START Provided entries

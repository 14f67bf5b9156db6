// Points from coordinates, and back.
ghost use Rattle.std.specs.Prelude.{◌≡◌};
ghost use Rattle.elements.specs.Points.{point as TestedPoint, PointMade};

use crate::point::Point;
use lattice::field::in_field;
use lattice::refusal::Refusal;

impl Point {
    // The point with these coordinates; refused if one of them lies outside the field.
    pub fn new(x: i32, y: i32) -> Result<Point, Refusal>
        ensures { PointMade x y result }
    {
        Point::at(i64::from(x), i64::from(y)).ok_or(Refusal::OutOfRange)
    }

    // The point with these coordinates, if they lie in the field.
    pub fn at(x: i64, y: i64) -> Option<Point>
        ensures { result ≡ TestedPoint x y }
    {
        if in_field(x) && in_field(y) {
            Some(Point {
                x: x as i32,
                y: y as i32,
            })
        } else {
            None
        }
    }

    pub fn x(&self) -> i32
        ensures { result ≡ self.now.x }
    {
        self.x
    }

    pub fn y(&self) -> i32
        ensures { result ≡ self.now.y }
    {
        self.y
    }
}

END Provided entries

Task prompt –
Give every record again, exactly as it appears.

Your solution –
repository 14f67bf5b9156db6
// Points from coordinates, and back.
ghost use Rattle.std.specs.Prelude.{◌≡◌};
ghost use Rattle.elements.specs.Points.{point as TestedPoint, PointMade};

use crate::point::Point;
use lattice::field::in_field;
use lattice::refusal::Refusal;

impl Point {
    // The point with these coordinates; refused if one of them lies outside the field.
    pub fn new(x: i32, y: i32) -> Result<Point, Refusal>
        ensures { PointMade x y result }
    {
        Point::at(i64::from(x), i64::from(y)).ok_or(Refusal::OutOfRange)
    }

    // The point with these coordinates, if they lie in the field.
    pub fn at(x: i64, y: i64) -> Option<Point>
        ensures { result ≡ TestedPoint x y }
    {
        if in_field(x) && in_field(y) {
            Some(Point {
                x: x as i32,
                y: y as i32,
            })
        } else {
            None
        }
    }

    pub fn x(&self) -> i32
        ensures { result ≡ self.now.x }
    {
        self.x
    }

    pub fn y(&self) -> i32
        ensures { result ≡ self.now.y }
    {
        self.y
    }
}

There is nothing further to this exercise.